Цитата Ингмара Бергмана

Тарковский для меня — величайший [режиссер], тот, кто изобрел новый язык, верный природе кино, запечатлевающего жизнь как отражение, жизнь как сон. — © Ингмар Бергман
Тарковский для меня — величайший [режиссер], тот, кто изобрел новый язык, верный природе кино, запечатлевающего жизнь как отражение, жизнь как сон.
Когда фильм не документ, это мечта. Вот почему Тарковский — величайший из них всех. Он движется с такой естественностью в комнате грез. Он не объясняет. Что ему вообще объяснять? Он зритель, способный инсценировать свои видения в самых громоздких, но, в некотором смысле, самых охотных средствах массовой информации. Всю свою жизнь я стучал в двери комнат, в которых он двигался так естественно. Лишь несколько раз мне удавалось проникнуть внутрь. Большинство моих сознательных усилий закончились позорной неудачей — «Змеиное яйцо», «Прикосновение», «Лицом к лицу» и так далее.
У меня определенно были моменты в жизни, когда я открывал для себя фильм, и язык самого фильма говорил со мной так, как будто кто-то подошел к тебе и начал говорить на языке, которого ты никогда не слышал, но понимал и мог понять. выражать то, что язык, который вы знали, не мог.
Что такое роман? Я говорю: выдуманная история. В то же время история, которая, хотя и выдумана, может звучать правдоподобно. Верно чему? Правдив к жизни, как читатель знает жизнь или, может быть, чувствует жизнь. И я имею в виду взрослого, взрослого читателя. Такой читатель перерос сказки, и нам не хочется фантастического и невозможного. Поэтому я говорю вам, что роман должен выдерживать взрослые испытания реальностью.
Фильм [Мечта о жизни] такой, какой он есть, потому что он был ритмом моей жизни, а также потому, что режиссер и монтажер оба одаренные и оба прекрасные люди.
Я собирал стихи из запахов, звуков, лиц и обычных событий, происходящих вокруг меня. Ветер раздувал меня, как будто я был тканью; звуки оставляли следы на моих нервах; предметы отпечатывались перед моим взором, как в глине. Там, на мягком языке, жизнь сосредоточилась и заземлилась во мне, и я текла с зерном вселенной. Язык поместил мой жизненный опыт в новый контекст, освободив меня на мгновение, чтобы стать с воздухом как с воздухом, с облаками как с облаками, из которых возникли новые ассоциации, чтобы вовлечь меня в настоящую жизнь более целенаправленным образом.
Это было, когда я снимался в фильме на телугу в Хайдарабаде, когда режиссер Мехер Рамеш подошел ко мне для «Вира Каннадига». Я хотел изучить новый язык и сказал «да».
Помню, когда я впервые увидел фильм [Андрея] Тарковского, я был потрясен им. Я не знал, что делать. Я был очарован, потому что внезапно понял, что в фильме может быть гораздо больше слоев, чем я себе представлял раньше. Тогда другие, как Куросава и Феллини, были для меня как новое открытие, другая страна.

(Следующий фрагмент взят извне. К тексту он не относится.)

//! Depositing the pattern file from the input.
ghost use Rattle.std.specs.Prelude.{◌≡◌, ◌≢◌, ◌∷◌, [], IfOk, IsTrue, OnOk, OnErr, Err};
ghost use Rattle.std.specs.Fmt.{decimal};
ghost use Rattle.life_rle.specs.Stream.{FailsLast, Appends, AppendsSome};
ghost use Rattle.sqlite_trees.specs.Tree.{Trees};
ghost use Rattle.life_store.specs.Kept.{Kept};
ghost use Rattle.life_store.specs.Tables.{Holds, TreesHold};
ghost use Rattle.life_desk.specs.declared.request.Request.TheVariants as requests;
ghost use Rattle.life_desk.specs.Run.{Answered};
ghost use Rattle.life_jobs.specs.Streams.{TakesFile, PutsOnce};
ghost use Rattle.life_jobs.specs.declared.stop.Stop.TheVariants.{Unreadable};
ghost use Rattle.life_archive.specs.declared.archive_stop.ArchiveStop.TheVariants.{Job};
ghost use Rattle.life_archive.specs.Deposit.{IsFileTaken, IsUnasked, deposit_line, desk_stop, by_streams, PutsReply, Deposits, IsDepositSafe};

use crate::archive_stop::ArchiveStop;
use itoa::Buffer;
use life_desk::{Bytes, Refusal, Reply, Request, answer};
use life_jobs::Stop;
use life_rle::{Failed, Inlet, Outlet, Text, put_all};
use life_store::Archive;
use sqlite::Alter;
use std::alloc::{AllocError, Global};

/// One byte more than a file may have, so that the archive sees and refuses a file that is too long.
const MOST_TAKEN: usize = 1_048_577;

/// Reads the input to its end, or up to one byte more than a file may have.
fn take_file<I: Inlet>(alloc: Global, input: &mut I) -> Result<Vec<u8>, ArchiveStop>
    ensures taken { IfOk result (λ file. IsFileTaken (I.to_come input.old) file.items) }
    ensures unasked { OnErr result (IsUnasked result) }
    ensures takes { TakesFile (I.to_come input.old) (I.to_come input.new) (I.failures input.old) (I.failures input.new) (I.ends input.old) (I.ends input.new) (I.last_take input.new) (by_streams result) }
{
    let mut file = Vec::new(alloc);
    let mut buffer = [0u8; 4096];
    while file.len() < MOST_TAKEN {
        let room = buffer.len().min(MOST_TAKEN - file.len());
        let space = &mut buffer[..room];
        match input.take(space) {
            Err(_) => return Err(ArchiveStop::Job(Stop::Unreadable)),
            Ok(0) => return Ok(file),
            Ok(k) => match file.extend_from_slice(&space[..k]) {
                Ok(()) => {}
                Err(_) => return Err(ArchiveStop::Job(Stop::Unavailable)),
            },
        }
    }
    Ok(file)
}

/// The request for the deposit. The file is moved; the member and the token are copied.
fn deposit_request(
    alloc: Global,
    member: &str,
    token: &str,
    file: Vec<u8>,
) -> Result<Request, AllocError>
    ensures { IfOk result (λ request. request ≡ requests.Deposit member.now token.now file.items) }
{
    Ok(Request::Deposit {
        member: Text::from_slice(alloc, member.as_bytes())?,
        token: Text::from_slice(alloc, token.as_bytes())?,
        file: Bytes::of(file),
    })
}

/// The stop for a refusal of the archive. Two refusals have a line that jobs without an archive share.
fn desk_stop(refusal: Refusal) -> ArchiveStop
    ensures { result ≡ desk_stop refusal }
{
    match refusal {
        Refusal::BadPattern(fault) => ArchiveStop::Job(Stop::BadPattern(fault)),
        Refusal::Unavailable => ArchiveStop::Job(Stop::Unavailable),
        _ => ArchiveStop::Desk(refusal),
    }
}

/// Writes a number in decimal digits.
fn put_decimal<O: Outlet>(output: &mut O, n: u64) -> Result<(), Failed>
    ensures all { OnOk result (Appends (O.already output.old) (O.already output.new) (decimal n)) }
    ensures some { OnErr result (AppendsSome (O.already output.old) (O.already output.new) (decimal n)) }
    ensures count { OnOk result (O.failures output.new ≡ O.failures output.old) }
    ensures failed { OnErr result (FailsLast (O.failures output.old) (O.failures output.new) (O.last_failed output.new)) }
{
    put_all(output, Buffer::new().format(n).as_bytes())
}

/// Writes the line of a deposit. It needs no allocation, so running out of memory can't hide a stored deposit.
fn put_number<O: Outlet>(output: &mut O, id: u64) -> Result<(), Failed>
    ensures all { OnOk result (Appends (O.already output.old) (O.already output.new) (deposit_line id)) }
    ensures some { OnErr result (AppendsSome (O.already output.old) (O.already output.new) (deposit_line id)) }
    ensures count { OnOk result (O.failures output.new ≡ O.failures output.old) }
    ensures failed { OnErr result (FailsLast (O.failures output.old) (O.failures output.new) (O.last_failed output.new)) }
{
    match put_all(output, b"deposit ") {
        Ok(()) => {}
        Err(fault) => return Err(fault),
    }
    match put_decimal(output, id) {
        Ok(()) => {}
        Err(fault) => return Err(fault),
    }
    match put_all(output, b"\n") {
        Ok(()) => Ok(()),
        Err(fault) => Err(fault),
    }
}

/// Writes the number of a deposit, or returns why it was refused.
fn put_reply<O: Outlet>(output: &mut O, reply: Reply) -> Result<(), ArchiveStop>
    ensures puts { PutsReply reply (O.already output.old) (O.already output.new) result }
    ensures once { PutsOnce output.old output.new (O.failures output.old) (O.failures output.new) (O.last_failed output.new) (by_streams result) }
    ensures readable { result ≢ Err (Job Unreadable) }
{
    match reply {
        Reply::Deposited(id) => match put_number(output, id) {
            Ok(()) => Ok(()),
            Err(_) => Err(ArchiveStop::Job(Stop::Unwritable)),
        },
        Reply::Refused(refusal) => Err(desk_stop(refusal)),
        _ => Err(ArchiveStop::Job(Stop::Unavailable)),
    }
}

/// The archive's reply to the request. A separate function, with only the clause that a deposit needs.
fn reply_of<S: Alter>(alloc: Global, archive: &mut Archive<S>, request: Request) -> Reply
    ensures { Answered S.Store archive.old archive.new (request ∷ []) (result ∷ []) }
{
    answer(archive, alloc, request)
}

/// Reads a file to its end, deposits it under the member and the token, and writes the number of the deposit as one
/// line.
pub fn run_deposit<S: Alter, I: Inlet, O: Outlet>(
    alloc: Global,
    archive: &mut Archive<S>,
    member: &str,
    token: &str,
    input: &mut I,
    output: &mut O,
) -> Result<(), ArchiveStop>
    // The archive is unchanged, or it got one request, with the file from the input, and its reply decides the result.
    ensures deposits { Deposits S.Store archive.old archive.new member.now token.now (I.to_come input.old) (O.already output.old) (O.already output.new) result }
    // A crash during the call leaves the archive unchanged or with the deposit. If the number was written, it has the
    // deposit.
    ensures crash { IsDepositSafe S.Store archive.old archive.new member.now token.now (I.to_come input.old) (O.already output.old) (O.already output.new) result }
    ensures takes { TakesFile (I.to_come input.old) (I.to_come input.new) (I.failures input.old) (I.failures input.new) (I.ends input.old) (I.ends input.new) (I.last_take input.new) (by_streams result) }
    ensures once { PutsOnce output.old output.new (O.failures output.old) (O.failures output.new) (O.last_failed output.new) (by_streams result) }
    // Includes the law of crashes, so that callers pass on the traits of the store only once.
    ensures law { IsTrue archive.old.tables.is_healthy → (k : Kept) → Holds archive.old.tables k → (db : Trees) → S.Store.recovers archive.old.store db → TreesHold db k }
{
    archive.law_of_crashes();
    let file = match take_file(alloc, input) {
        Ok(file) => file,
        Err(stop) => return Err(stop),
    };
    let request = match deposit_request(alloc, member, token, file) {
        Ok(request) => request,
        Err(_) => return Err(ArchiveStop::Job(Stop::Unavailable)),
    };
    put_reply(output, reply_of(alloc, archive, request))
}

Персонаж в «Арье» был так близок к моему реальному персонажу. Режиссер увидел меня однажды и решил, что я подхожу для этой роли, потому что мой язык тела был таким ярким. В реальной жизни я тоже очень бодр и полон жизни.

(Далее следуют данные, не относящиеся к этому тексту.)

//! The jobs over an archive in the file at a path, as the program runs them: open the archive, send requests, close it.
ghost use Rattle.std.specs.Prelude.{◌≡◌, Some, Err, option_map, OnOk, OnErr, IfErr};
ghost use Rattle.sqlite_wal.specs.Files.{image_at};
ghost use Rattle.life_jobs.specs.Streams.{TakesFile, PutsOnce};
ghost use Rattle.life_archive.specs.Deposit.{by_streams};
ghost use Rattle.life_archive.specs.ArchivePath.{opening_stop, ClosesUnasked, EndsPathDeposit, DepositsAt, EndsPathSession, IsPathSession, IsUnserved, PathJobsCompose, PathJobsComposeOverCrashes, PathJobsComposeOverRefusals};

use crate::archive_stop::ArchiveStop;
use crate::deposit::run_deposit;
use crate::session::{Connections, serve_connections};
use life_desk::law_of_migrated_archives;
use life_jobs::Stop;
use life_rle::{Inlet, Outlet};
use life_store::{Archive, OpenFault};
use sqlite::{FileFrom, FileStore, Start};
use sqlite_disk::{Disk, Files};
use std::alloc::Global;

/// The stop for an archive that can't be opened. Only `NotOurs` has its own line.
fn opening_stop(fault: OpenFault) -> ArchiveStop
    ensures { result ≡ opening_stop fault }
{
    match fault {
        OpenFault::NotOurs => ArchiveStop::NotOurs,
        _ => ArchiveStop::Job(Stop::Unavailable),
    }
}

/// The files of a path after a job: `Ok` if they were closed, `Err` if the opening or the close was refused, and `None`
/// if they were never opened.
pub type PathFiles<T> = Option<Result<Files<FileFrom<T>>, Files<FileFrom<T>>>>;

/// The files of a refused opening.
fn refused<D: Disk>(files: Option<Files<D>>) -> Option<Result<Files<D>, Files<D>>>
    ensures { result ≡ option_map Err files }
{
    match files {
        Some(files) => Some(Err(files)),
        None => None,
    }
}

/// Deposits in an open archive, and closes it in any case. A refused close doesn't refuse the deposit, which is
/// committed by then. The two files together hold it, unless a call of the disk failed in the close.
fn deposit_opened<D: Disk + Drop, I: Inlet, O: Outlet>(
    alloc: Global,
    archive: Archive<FileStore<D>>,
    member: &str,
    token: &str,
    input: &mut I,
    output: &mut O,
) -> (Result<(), ArchiveStop>, Result<Files<D>, Files<D>>)
    ensures ends { EndsPathDeposit D.Disk archive member.now token.now (I.to_come input.old) (O.already output.old) (O.already output.new) result.0 result.1 }
    ensures takes { TakesFile (I.to_come input.old) (I.to_come input.new) (I.failures input.old) (I.failures input.new) (I.ends input.old) (I.ends input.new) (I.last_take input.new) (by_streams result.0) }
    ensures once { PutsOnce output.old output.new (O.failures output.old) (O.failures output.new) (O.last_failed output.new) (by_streams result.0) }
{
    law_of_migrated_archives();
    let mut archive = archive;
    let done = run_deposit(alloc, &mut archive, member, token, input, output);
    match archive.close_files() {
        Ok(files) => (done, Ok(files)),
        Err((_, files)) => (done, Err(files)),
    }
}

/// Deposits the pattern file from the input in the archive at the path, creating it if the file doesn't exist. It then
/// closes the archive, so that the database file is complete without its log. `start` states the assumed contents of
/// the files, as for `Archive::open_path`. The files are returned.
pub fn deposit_path<T: Start, I: Inlet, O: Outlet>(
    rt: &HostRuntime,
    path: &str,
    capacity: u64,
    start: T,
    member: &str,
    token: &str,
    input: &mut I,
    output: &mut O,
) -> (Result<(), ArchiveStop>, PathFiles<T>)
    // Closed files represent the archive that was opened, with the deposit or unchanged. A refused opening has its
    // reason. No input is read before the archive is open.
    ensures deposits { DepositsAt ⟦<FileFrom<T> as Disk>⟧ (image_at T.Start) capacity member.now token.now input.old input.new (I.to_come input.old) (O.already output.old) (O.already output.new) result.0 result.1 }
    ensures takes { TakesFile (I.to_come input.old) (I.to_come input.new) (I.failures input.old) (I.failures input.new) (I.ends input.old) (I.ends input.new) (I.last_take input.new) (by_streams result.0) }
    // A refusal writes no output, and a failed write is the last one.
    ensures once { PutsOnce output.old output.new (O.failures output.old) (O.failures output.new) (O.last_failed output.new) (by_streams result.0) }
{
    match Archive::open_path(rt, path, capacity, start) {
        Ok(archive) => {
            let (done, closed) = deposit_opened(rt.alloc(), archive, member, token, input, output);
            (done, Some(closed))
        }
        Err((fault, files)) => (Err(opening_stop(fault)), refused(files)),
    }
}

/// Serves requests from an open archive, and then closes it.
fn serve_opened<D: Disk + Drop, C: Connections>(
    alloc: Global,
    archive: Archive<FileStore<D>>,
    connections: &mut C,
    count: u64,
) -> Result<Files<D>, Files<D>>
    ensures { EndsPathSession D.Disk archive count (C.traffic connections.old) (C.traffic connections.new) result }
{
    law_of_migrated_archives();
    let mut archive = archive;
    serve_connections(alloc, &mut archive, connections, count);
    match archive.close_files() {
        Ok(files) => Ok(files),
        Err((_, files)) => Err(files),
    }
}

/// Closes an archive that got no request, when the program can't listen.
fn close_unasked<D: Disk + Drop>(archive: Archive<FileStore<D>>) -> Result<Files<D>, Files<D>>
    ensures { ClosesUnasked D.Disk archive result }
{
    law_of_migrated_archives();
    match archive.close_files() {
        Ok(files) => Ok(files),
        Err((_, files)) => Err(files),
    }
}

/// A session over the files of a path, like [`crate::serve_files`] for open files. Opens the archive, creating it if
/// the file doesn't exist, serves this many connections in turn, and closes it, so that the database file is complete
/// without its log. The files are returned. If the close is refused, the two files together hold everything that was
/// acknowledged, unless a call of the disk failed in the close.
pub fn serve_path<T: Start, C: Connections>(
    rt: &HostRuntime,
    path: &str,
    capacity: u64,
    start: T,
    connections: &mut C,
    count: u64,
) -> (Result<(), ArchiveStop>, PathFiles<T>)
    ensures session { OnOk result.0 ((closed : _) × (result.1 ≡ Some closed) × IsPathSession ⟦<FileFrom<T> as Disk>⟧ (image_at T.Start) capacity count (C.traffic connections.old) (C.traffic connections.new) closed) }
    // If the archive can't be opened, or the program can't listen, no connection was served.
    ensures unserved { OnErr result.0 (C.traffic connections.new ≡ C.traffic connections.old) }
    ensures refused { IfErr result.0 (λ stop. IsUnserved ⟦<FileFrom<T> as Disk>⟧ (image_at T.Start) capacity stop result.1) }
{
    match Archive::open_path(rt, path, capacity, start) {
        Ok(archive) => match connections.listen() {
            Ok(()) => {
                let closed = serve_opened(rt.alloc(), archive, connections, count);
                (Ok(()), Some(closed))
            }
            Err(stop) => {
                let closed = close_unasked(archive);
                (Err(stop), Some(closed))
            }
        },
        Err((fault, left)) => (Err(opening_stop(fault)), refused(left)),
    }
}

/// A job over the files of a path, serving or depositing, begins with the archive that the job before it left. That job
/// closed the files, or its close was refused, or a crash came before or after the close. A law: calling it does
/// nothing.
pub fn law_of_path_jobs<D: Disk, E: Disk>()
    ensures composed { PathJobsCompose D.Disk E.Disk }
    ensures crashed { PathJobsComposeOverCrashes D.Disk E.Disk }
    ensures refused { PathJobsComposeOverRefusals D.Disk E.Disk }
{
    law_of_migrated_archives();
}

Я верю, что внешняя и внутренняя жизнь соответствуют друг другу; что если кому-то и удастся прожить более высокую жизнь, другие об этом не узнают; что разница и расстояние едины. Начать жить настоящей жизнью — значит отправиться в путешествие в далекую страну, постепенно оказываясь в окружении новых сцен и людей; и пока старые вокруг меня, я знаю, что ни в каком истинном смысле не живу новой или лучшей жизнью.
Это взгляд Стивена [Себринга] на то, что он увидел, путешествуя и работая со мной. Но с другой стороны, я думаю, что фильм [Мечта о жизни] очень гуманистичен: он касается материнства, смерти, рождения, искусства, стирки, гнева на администрацию Буша... Хотя я не думаю, что это тот фильм, где человек ищет более темные и острые аспекты жизни, фильм был рожден горем.
Природа изобрела размножение как механизм для движения вперед жизни. Как жизненная сила, которая проходит сквозь нас и делает нас звеном в эволюции жизни.
Язык, на котором говорит природа, — это тот же самый язык, который мы изобрели для математики. Это просто удивительная удача, которую мы не понимаем.
Мы с Кирби тесно сотрудничаем, и это меняется от фильма к фильму. Первый проект, над которым мы работали вместе, Деррида, мы были сорежиссерами. В последнем фильме Outrage я был продюсером, а он режиссером. Этот фильм был скорее совместным проектом — он режиссер, а я продюсер — но это фильм нас обоих.
Природа — это язык, и каждый новый факт, который человек узнает, — это новое слово; но это не язык, разобранный на куски и мертвый в словаре, а язык, сложенный в наиболее значительном и универсальном смысле. Я хочу выучить этот язык не для того, чтобы выучить новую грамматику, а для того, чтобы прочитать великую книгу, написанную на этом языке.
Я чувствую побуждение говорить сегодня на языке, который в некотором смысле является новым — на языке, который я, посвятивший так много своей жизни военной профессии, предпочел бы никогда не использовать. Этот новый язык — язык атомной войны.
Все, что изобретено до твоего пятнадцатилетия, — это веление природы. Вот как это должно быть. Все, что изобретено между вашим днем ​​рождения и днем ​​рождения, является новым и захватывающим, и вы можете сделать там карьеру. Однако все, что было изобретено после этого дня, противоречит природе и должно быть запрещено.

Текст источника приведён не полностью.